* _The problem_:
Note each line of the entries that includes "enum". Then copy those lines.

* * * * *

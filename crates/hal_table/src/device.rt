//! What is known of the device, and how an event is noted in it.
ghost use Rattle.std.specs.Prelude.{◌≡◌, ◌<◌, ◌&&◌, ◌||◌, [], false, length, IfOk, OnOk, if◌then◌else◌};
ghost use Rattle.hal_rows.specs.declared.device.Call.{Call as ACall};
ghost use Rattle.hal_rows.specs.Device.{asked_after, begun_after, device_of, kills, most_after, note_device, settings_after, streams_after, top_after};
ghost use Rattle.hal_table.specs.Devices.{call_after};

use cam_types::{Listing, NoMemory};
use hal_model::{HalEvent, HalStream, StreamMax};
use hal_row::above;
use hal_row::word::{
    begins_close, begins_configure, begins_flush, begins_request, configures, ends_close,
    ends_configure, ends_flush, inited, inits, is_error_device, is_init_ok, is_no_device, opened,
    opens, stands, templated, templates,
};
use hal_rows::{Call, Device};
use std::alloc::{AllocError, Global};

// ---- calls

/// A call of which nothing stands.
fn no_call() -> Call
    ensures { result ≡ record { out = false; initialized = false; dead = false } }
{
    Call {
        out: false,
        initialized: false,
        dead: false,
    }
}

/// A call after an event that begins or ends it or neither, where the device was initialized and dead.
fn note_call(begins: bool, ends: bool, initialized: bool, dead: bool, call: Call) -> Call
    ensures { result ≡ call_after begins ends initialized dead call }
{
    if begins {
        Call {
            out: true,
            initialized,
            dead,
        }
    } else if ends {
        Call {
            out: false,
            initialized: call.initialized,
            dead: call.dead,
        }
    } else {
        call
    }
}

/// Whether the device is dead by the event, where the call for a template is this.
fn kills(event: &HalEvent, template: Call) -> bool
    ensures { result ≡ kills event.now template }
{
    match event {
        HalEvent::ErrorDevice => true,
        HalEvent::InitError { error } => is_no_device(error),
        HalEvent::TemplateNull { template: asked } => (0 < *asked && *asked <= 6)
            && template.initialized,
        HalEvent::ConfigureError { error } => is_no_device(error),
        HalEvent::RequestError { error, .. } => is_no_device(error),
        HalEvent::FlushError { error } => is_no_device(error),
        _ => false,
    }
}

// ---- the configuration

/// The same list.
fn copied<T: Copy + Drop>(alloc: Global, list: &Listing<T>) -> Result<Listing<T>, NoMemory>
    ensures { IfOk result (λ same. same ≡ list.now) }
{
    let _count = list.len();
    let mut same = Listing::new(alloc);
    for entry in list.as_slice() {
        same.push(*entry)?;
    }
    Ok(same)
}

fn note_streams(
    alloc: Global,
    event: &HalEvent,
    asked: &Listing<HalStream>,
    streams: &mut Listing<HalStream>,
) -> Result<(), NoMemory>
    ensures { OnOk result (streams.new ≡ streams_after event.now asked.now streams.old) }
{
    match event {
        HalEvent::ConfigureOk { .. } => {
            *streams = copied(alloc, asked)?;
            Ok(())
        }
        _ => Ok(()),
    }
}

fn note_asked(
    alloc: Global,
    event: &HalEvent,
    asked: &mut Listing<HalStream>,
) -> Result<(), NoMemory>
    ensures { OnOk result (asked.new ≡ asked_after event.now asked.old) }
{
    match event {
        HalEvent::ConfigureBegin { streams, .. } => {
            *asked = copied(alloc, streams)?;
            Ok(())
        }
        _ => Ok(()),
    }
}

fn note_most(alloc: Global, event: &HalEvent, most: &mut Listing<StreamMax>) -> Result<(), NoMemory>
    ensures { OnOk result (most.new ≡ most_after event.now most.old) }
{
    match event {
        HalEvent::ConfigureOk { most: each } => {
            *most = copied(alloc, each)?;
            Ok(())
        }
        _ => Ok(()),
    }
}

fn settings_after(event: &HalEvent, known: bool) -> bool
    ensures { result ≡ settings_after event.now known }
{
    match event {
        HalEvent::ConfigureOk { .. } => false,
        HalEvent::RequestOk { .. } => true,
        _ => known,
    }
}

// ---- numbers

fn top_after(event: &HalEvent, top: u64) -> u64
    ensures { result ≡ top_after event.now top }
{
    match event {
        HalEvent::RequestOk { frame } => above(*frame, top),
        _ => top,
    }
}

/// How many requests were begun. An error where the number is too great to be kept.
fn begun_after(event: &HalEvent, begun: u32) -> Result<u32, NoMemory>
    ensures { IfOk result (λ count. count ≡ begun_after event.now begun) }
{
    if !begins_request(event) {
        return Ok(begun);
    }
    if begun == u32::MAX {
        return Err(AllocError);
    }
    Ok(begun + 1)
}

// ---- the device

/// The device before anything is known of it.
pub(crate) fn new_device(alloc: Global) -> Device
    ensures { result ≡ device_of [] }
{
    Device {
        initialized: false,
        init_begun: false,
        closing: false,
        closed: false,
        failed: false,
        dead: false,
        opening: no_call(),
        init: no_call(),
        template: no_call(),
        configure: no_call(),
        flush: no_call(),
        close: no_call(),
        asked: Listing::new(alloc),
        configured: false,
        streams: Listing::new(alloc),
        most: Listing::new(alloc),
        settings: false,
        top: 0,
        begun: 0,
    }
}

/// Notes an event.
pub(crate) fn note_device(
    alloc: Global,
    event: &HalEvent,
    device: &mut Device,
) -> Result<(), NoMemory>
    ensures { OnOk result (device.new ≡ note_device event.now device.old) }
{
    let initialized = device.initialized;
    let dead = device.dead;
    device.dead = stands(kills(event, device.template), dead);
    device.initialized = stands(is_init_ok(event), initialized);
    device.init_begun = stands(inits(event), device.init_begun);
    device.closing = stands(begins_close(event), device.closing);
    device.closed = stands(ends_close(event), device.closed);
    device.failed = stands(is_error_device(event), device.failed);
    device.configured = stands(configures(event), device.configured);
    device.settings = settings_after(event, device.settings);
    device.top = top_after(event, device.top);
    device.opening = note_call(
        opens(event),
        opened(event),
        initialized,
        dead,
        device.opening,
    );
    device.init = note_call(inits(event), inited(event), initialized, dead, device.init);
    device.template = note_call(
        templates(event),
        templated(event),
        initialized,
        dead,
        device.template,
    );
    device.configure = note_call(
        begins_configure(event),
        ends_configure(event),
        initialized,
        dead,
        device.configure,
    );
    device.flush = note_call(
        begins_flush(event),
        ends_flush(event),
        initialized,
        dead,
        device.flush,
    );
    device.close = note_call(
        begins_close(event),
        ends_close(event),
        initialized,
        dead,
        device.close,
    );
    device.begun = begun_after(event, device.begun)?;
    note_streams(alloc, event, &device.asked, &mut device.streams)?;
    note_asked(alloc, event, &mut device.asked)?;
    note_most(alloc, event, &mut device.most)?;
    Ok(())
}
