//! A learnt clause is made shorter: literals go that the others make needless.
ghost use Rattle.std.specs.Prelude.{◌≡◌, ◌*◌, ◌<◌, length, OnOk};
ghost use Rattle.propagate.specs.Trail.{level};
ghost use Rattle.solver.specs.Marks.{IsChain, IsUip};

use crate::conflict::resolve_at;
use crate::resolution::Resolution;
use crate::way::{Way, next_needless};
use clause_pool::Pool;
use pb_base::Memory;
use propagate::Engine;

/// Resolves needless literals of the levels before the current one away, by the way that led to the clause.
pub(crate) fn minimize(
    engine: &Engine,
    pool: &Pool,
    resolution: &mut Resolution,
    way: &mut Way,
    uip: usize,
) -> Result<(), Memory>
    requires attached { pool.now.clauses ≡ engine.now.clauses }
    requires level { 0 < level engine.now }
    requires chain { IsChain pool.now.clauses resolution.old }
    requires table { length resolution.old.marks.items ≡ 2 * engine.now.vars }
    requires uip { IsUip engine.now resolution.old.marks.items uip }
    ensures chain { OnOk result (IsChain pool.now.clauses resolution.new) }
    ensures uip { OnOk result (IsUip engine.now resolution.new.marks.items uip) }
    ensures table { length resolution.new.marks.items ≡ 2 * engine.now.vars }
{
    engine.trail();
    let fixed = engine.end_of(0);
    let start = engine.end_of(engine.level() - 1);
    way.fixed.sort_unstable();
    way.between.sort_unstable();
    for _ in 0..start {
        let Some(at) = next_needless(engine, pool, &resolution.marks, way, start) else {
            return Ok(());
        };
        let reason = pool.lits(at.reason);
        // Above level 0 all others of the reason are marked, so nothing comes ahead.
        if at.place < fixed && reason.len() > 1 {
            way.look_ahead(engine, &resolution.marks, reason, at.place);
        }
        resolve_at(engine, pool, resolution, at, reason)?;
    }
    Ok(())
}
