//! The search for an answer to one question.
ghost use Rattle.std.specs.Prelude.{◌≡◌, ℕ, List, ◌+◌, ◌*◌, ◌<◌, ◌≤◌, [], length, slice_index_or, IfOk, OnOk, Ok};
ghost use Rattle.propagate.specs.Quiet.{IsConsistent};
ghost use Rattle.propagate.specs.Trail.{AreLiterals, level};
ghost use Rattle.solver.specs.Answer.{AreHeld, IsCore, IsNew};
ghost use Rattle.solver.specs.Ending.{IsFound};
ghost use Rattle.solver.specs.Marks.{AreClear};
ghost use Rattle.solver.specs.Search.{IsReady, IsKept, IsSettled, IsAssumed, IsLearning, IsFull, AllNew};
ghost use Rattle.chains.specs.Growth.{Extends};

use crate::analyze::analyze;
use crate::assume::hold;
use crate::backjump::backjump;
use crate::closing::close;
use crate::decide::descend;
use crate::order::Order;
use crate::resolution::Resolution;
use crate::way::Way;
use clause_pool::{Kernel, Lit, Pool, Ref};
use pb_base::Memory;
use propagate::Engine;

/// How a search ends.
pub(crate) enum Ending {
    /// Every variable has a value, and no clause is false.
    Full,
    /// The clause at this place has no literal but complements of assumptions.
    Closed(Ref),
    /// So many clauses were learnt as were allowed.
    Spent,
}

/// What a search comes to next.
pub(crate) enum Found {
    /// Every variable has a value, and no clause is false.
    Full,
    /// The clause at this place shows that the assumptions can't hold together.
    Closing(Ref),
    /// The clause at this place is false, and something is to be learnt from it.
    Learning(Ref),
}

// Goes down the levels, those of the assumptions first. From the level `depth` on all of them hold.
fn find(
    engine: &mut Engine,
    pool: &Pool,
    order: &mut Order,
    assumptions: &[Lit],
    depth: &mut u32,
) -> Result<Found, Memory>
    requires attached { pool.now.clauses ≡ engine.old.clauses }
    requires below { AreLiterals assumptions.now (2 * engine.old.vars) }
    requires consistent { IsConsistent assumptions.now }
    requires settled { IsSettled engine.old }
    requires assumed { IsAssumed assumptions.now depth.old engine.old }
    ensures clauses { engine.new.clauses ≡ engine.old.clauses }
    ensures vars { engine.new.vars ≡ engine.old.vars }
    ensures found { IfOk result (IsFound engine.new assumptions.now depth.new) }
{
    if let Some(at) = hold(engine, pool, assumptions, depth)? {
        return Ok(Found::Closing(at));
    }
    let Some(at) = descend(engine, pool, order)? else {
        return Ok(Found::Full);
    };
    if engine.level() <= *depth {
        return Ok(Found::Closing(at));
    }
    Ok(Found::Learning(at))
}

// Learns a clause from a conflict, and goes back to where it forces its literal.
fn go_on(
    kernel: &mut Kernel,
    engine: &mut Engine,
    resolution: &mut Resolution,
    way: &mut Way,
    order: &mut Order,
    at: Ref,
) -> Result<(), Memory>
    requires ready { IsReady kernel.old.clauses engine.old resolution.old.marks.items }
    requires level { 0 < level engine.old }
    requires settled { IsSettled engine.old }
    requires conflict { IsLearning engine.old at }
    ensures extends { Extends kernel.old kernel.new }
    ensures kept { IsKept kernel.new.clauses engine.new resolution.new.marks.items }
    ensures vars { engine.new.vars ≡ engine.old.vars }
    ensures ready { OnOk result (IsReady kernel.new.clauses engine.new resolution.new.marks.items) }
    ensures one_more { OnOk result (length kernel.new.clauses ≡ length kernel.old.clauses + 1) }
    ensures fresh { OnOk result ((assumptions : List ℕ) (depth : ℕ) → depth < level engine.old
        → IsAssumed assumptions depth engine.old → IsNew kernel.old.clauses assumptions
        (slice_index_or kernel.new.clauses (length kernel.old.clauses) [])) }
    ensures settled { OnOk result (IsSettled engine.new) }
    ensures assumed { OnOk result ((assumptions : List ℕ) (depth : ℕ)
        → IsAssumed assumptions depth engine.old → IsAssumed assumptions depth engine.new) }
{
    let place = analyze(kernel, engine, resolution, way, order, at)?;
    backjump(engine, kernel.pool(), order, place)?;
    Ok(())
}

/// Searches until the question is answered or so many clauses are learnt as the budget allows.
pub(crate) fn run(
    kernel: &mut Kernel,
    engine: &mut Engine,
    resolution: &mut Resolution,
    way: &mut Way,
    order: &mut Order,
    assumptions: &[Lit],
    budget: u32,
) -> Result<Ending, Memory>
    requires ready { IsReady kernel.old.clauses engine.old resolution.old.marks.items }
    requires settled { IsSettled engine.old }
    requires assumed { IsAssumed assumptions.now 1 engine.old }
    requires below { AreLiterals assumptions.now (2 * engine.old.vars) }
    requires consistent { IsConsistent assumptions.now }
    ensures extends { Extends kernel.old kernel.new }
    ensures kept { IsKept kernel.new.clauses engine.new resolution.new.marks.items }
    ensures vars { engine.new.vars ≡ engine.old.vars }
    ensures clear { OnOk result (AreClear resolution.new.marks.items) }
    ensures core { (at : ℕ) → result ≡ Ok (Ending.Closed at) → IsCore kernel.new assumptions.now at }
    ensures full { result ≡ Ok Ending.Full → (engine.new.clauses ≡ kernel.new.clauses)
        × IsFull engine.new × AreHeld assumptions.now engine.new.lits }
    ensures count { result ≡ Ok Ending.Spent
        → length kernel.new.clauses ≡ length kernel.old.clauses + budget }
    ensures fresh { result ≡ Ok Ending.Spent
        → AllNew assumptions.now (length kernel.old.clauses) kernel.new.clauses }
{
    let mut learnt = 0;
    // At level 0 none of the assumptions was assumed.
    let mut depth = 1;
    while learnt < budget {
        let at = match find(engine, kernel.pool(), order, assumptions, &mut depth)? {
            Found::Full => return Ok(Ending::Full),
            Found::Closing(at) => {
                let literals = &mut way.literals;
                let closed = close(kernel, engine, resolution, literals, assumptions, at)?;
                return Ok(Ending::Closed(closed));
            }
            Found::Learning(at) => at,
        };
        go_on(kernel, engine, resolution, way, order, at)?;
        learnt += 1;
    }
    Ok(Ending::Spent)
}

* * * * *

* _Result of the exercise_:
pub(crate) enum Ending {
pub(crate) enum Found {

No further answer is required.